Do those look familiar?

Yes they look familiar :). I wrote down those on my draft.

 

[berkeman]

Sounds interesting, I never heard of such a thing as this method. I don't fully grasp it. In my brain, a voltage is a difference of potential between 2 points. If you ask me the voltage in 1 point, I'm tempted to say "0 V". I guess I should look in Internet to learn about this method. I'll try to work my way through it.
Thanks for all... and if I need help I'll ask here.

When we speak of "a" voltage, and don't specify a 2nd point for the voltage difference, then ground is implied to be the 2nd point. So the voltage divider equation is ground referenced as I wrote it above. Your original circuit has no explicit ground, so you are free to put it wherever is most convenient for visual appearance and for ease of calculation.

 

[fluidistic]

When we speak of "a" voltage, and don't specify a 2nd point for the voltage difference, then ground is implied to be the 2nd point. So the voltage divider equation is ground referenced as I wrote it above. Your original circuit has no explicit ground, so you are free to put it wherever is most convenient for visual appearance and for ease of calculation.

I don't know how to thank you. I just checked out in wikipedia http://en.wikipedia.org/wiki/Voltage_divider.
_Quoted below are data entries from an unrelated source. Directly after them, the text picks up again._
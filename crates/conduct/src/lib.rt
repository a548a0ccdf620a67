// Demands 2 and 3, and that every card comes home by any way: theorems about plans, moves, phases and runs. It has no function.
#![tactic(auto)]
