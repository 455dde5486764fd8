// The local refusals: a call that answers one has changed nothing. The paper's table has them by number, and
// docs/refusals.tsv says what each means and what to do.
ghost use Rattle.std.specs.Prelude.{◌≡◌};
ghost use Rattle.wire.specs.Refusal.{refusal_number};

#[derive(Clone, Copy, Debug, PartialEq, Eq)]
pub enum LocalRefusal {
    // A number, key, right or length is out of its range.
    OutOfRange = 1,
    // The store or the rooms that were lent have another length.
    OtherLength = 2,
    NotOpen = 3,
    AlreadyOpen = 4,
    StreamEnded = 5,
    WindowLive = 6,
    WindowNotLive = 7,
    // The key is the last one that the window had.
    KeyAgain = 8,
    // A part, a place, a length or base + length breaks a rule.
    BadPlace = 9,
    // Eight buffers wait.
    BuffersFull = 10,
    NoReadWaits = 11,
    // A ULPDU or private data is over its limit, to be written.
    OverLimit = 12,
    // The output slice is too small.
    NoRoom = 13,
    // A startup frame has a wrong key, revision or length.
    BadStartup = 14,
    // The peer asks for markers.
    Markers = 15,
    // The stream holds bytes of an offer.
    HoldsBytes = 16,
    // A byte is also a write window's or a waiting buffer's.
    SharedByte = 19,
    // Our IRD does not reach the other side's ORD: 2/0/06 in a Terminate.
    IrdTooSmall = 40,
    // No kind of a first message that both sides can do: 2/0/07 in a Terminate.
    NoKind = 41,
}

impl LocalRefusal {
    // Its number in the paper's table.
    #[tactic(auto, unfolding(crate::specs::Refusal::refusal_number))]
    pub fn number(self) -> u8
        ensures { result ≡ refusal_number self }
    {
        self as u8
    }
}
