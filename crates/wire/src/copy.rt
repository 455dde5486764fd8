// Elements of one slice copied to another, bytes cleared, and bytes compared.
ghost use Rattle.std.specs.Prelude.{◌≡◌, ◌+◌, ◌≤◌, length, replicate};
ghost use Rattle.wire.specs.Wire.{put, same};

// Copies all of src into dst from at on.
pub fn copy<T: Copy>(dst: &mut [T], at: usize, src: &[T])
    requires { at + length src.now ≤ length dst.old }
    ensures { dst.new ≡ put dst.old at src.now }
{
    dst[at..at + src.len()].copy_from_slice(src);
}

// Clears the n bytes of dst from at.
pub fn clear(dst: &mut [u8], at: usize, n: usize)
    requires { at + n ≤ length dst.old }
    ensures { dst.new ≡ put dst.old at (replicate n 0) }
{
    dst[at..at + n].fill(0);
}

// Whether the two slices hold the same bytes.
pub fn same(a: &[u8], b: &[u8]) -> bool
    ensures { result ≡ same a.now b.now }
{
    a == b
}
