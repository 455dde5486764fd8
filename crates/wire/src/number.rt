// Numbers at a place of a slice, in two, four or eight bytes.
ghost use Rattle.std.specs.Prelude.{◌≡◌, ◌+◌, ◌≤◌, ◌<◌, length};
ghost use Rattle.wire.specs.Wire.{put, be16, be16_at, be32, be32_at, be64, be64_at, le32, le32_at};

use crate::copy::copy;

// The big-endian number in the two bytes from at.
pub fn get_be16(s: &[u8], at: usize) -> usize
    requires { at + 2 ≤ length s.now }
    ensures { (result ≡ be16_at s.now at) × (result < 65536) }
{
    u16::from_be_bytes([s[at], s[at + 1]]) as usize
}

// The big-endian number in the four bytes from at.
pub fn get_be32(s: &[u8], at: usize) -> u32
    requires { at + 4 ≤ length s.now }
    ensures { result ≡ be32_at s.now at }
{
    u32::from_be_bytes([s[at], s[at + 1], s[at + 2], s[at + 3]])
}

// The big-endian number in the eight bytes from at.
pub fn get_be64(s: &[u8], at: usize) -> u64
    requires { at + 8 ≤ length s.now }
    ensures { result ≡ be64_at s.now at }
{
    u64::from_be_bytes([
        s[at],
        s[at + 1],
        s[at + 2],
        s[at + 3],
        s[at + 4],
        s[at + 5],
        s[at + 6],
        s[at + 7],
    ])
}

// The number in the four bytes from at, the least significant byte first.
pub fn get_le32(s: &[u8], at: usize) -> u32
    requires { at + 4 ≤ length s.now }
    ensures { result ≡ le32_at s.now at }
{
    u32::from_le_bytes([s[at], s[at + 1], s[at + 2], s[at + 3]])
}

// Writes v big-endian into the two bytes from at.
pub fn put_be16(out: &mut [u8], at: usize, v: usize)
    requires { (v < 65536) × (at + 2 ≤ length out.old) }
    ensures { out.new ≡ put out.old at (be16 v) }
{
    copy(out, at, &u16::to_be_bytes(v as u16));
}

// Writes v big-endian into the four bytes from at.
pub fn put_be32(out: &mut [u8], at: usize, v: u32)
    requires { at + 4 ≤ length out.old }
    ensures { out.new ≡ put out.old at (be32 v) }
{
    copy(out, at, &u32::to_be_bytes(v));
}

// Writes v big-endian into the eight bytes from at.
pub fn put_be64(out: &mut [u8], at: usize, v: u64)
    requires { at + 8 ≤ length out.old }
    ensures { out.new ≡ put out.old at (be64 v) }
{
    copy(out, at, &u64::to_be_bytes(v));
}

// Writes v into the four bytes from at, the least significant byte first.
pub fn put_le32(out: &mut [u8], at: usize, v: u32)
    requires { at + 4 ≤ length out.old }
    ensures { out.new ≡ put out.old at (le32 v) }
{
    copy(out, at, &u32::to_le_bytes(v));
}
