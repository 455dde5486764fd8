// What every layer has: a number read from a slice or written to one (number), elements copied and bytes
// cleared and compared (copy), and the local refusals that any call may answer (refusal). The numbers of the
// RFCs are big-endian; the CRC of an FPDU alone goes the other way (RFC 5044, section 4.4).
//
// The definitions are in specs/Wire.antt and specs/Refusal.antt. Every function on bytes is internal: its
// caller has tested the lengths, as its `requires` asks.
#![tactic(auto)]

pub mod copy;
pub mod number;
pub mod refusal;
Wow, amazing I wasn't taught this, nor did I saw it in my books. I've reached $$R=\sqrt {\frac{L}{C}}$$!
Now I'll try to solve the rest of the exercise. In any case, as you know, I'm going to ask help here.

 

[fluidistic]

For the impedance of the circuit: am I right if I write $$Z=\frac{1}{X_L}+\frac{2}{R}+\frac{1}{X_C}=\frac{2}{R}+i\left ( \omega C - \frac{1}{\omega L} \right )$$? It is considering all circuit components as in parallel.

 

[berkeman]

For the impedance of the circuit: am I right if I write $$Z=\frac{1}{X_L}+\frac{2}{R}+\frac{1}{X_C}=\frac{2}{R}+i\left ( \omega C - \frac{1}{\omega L} \right )$$? It is considering all circuit components as in parallel.

All the components are not in parallel. There is a branch that has an R and C in series, and a branch that has an R and an L in series. These two branches are then in parallel. So first write the series impedance for each of the two branches, and then use the parallel combination formula to combine them into a single impedance. Show your work! (and good job, BTW)

 

[fluidistic]

All the components are not in parallel. There is a branch that has an R and C in series, and a branch that has an R and an L in series. These two branches are then in parallel. So first write the series impedance for each of the two branches, and then use the parallel combination formula to combine them into a single impedance. Show your work! (and good job, BTW)

Ok thanks. I don't realize why the RC branch is in series and the LR branch is. All this because of the D branch. For me, the current passing through L has the choice whether to pass by D or R (the right R in the original sketch).
But following your words, $$Z=\frac{1}{i\omega L+R}+\frac{i\omega C}{R i \omega C +1}$$, simplifying this is just arithmetics.

 

[berkeman]

Ok thanks. I don't realize why the RC branch is in series and the LR branch is. All this because of the D branch. For me, the current passing through L has the choice whether to pass by D or R (the right R in the original sketch).
But following your words, $$Z=\frac{1}{i\omega L+R}+\frac{i\omega C}{R i \omega C +1}$$, simplifying this is just arithmetics.

The premise of the question was that there be no current through the D branch, therefore no difference in voltage. So in calculating the overall Z, you assume no cross-current, and just add the two parallel branches accordingly. Good job.

 

[fluidistic]

The premise of the question was that there be no current through the D branch, therefore no difference in voltage. So in calculating the overall Z, you assume no cross-current, and just add the two parallel branches accordingly. Good job.

Yeah thanks a lot for all. I realized this a few hours after posting if I recall well.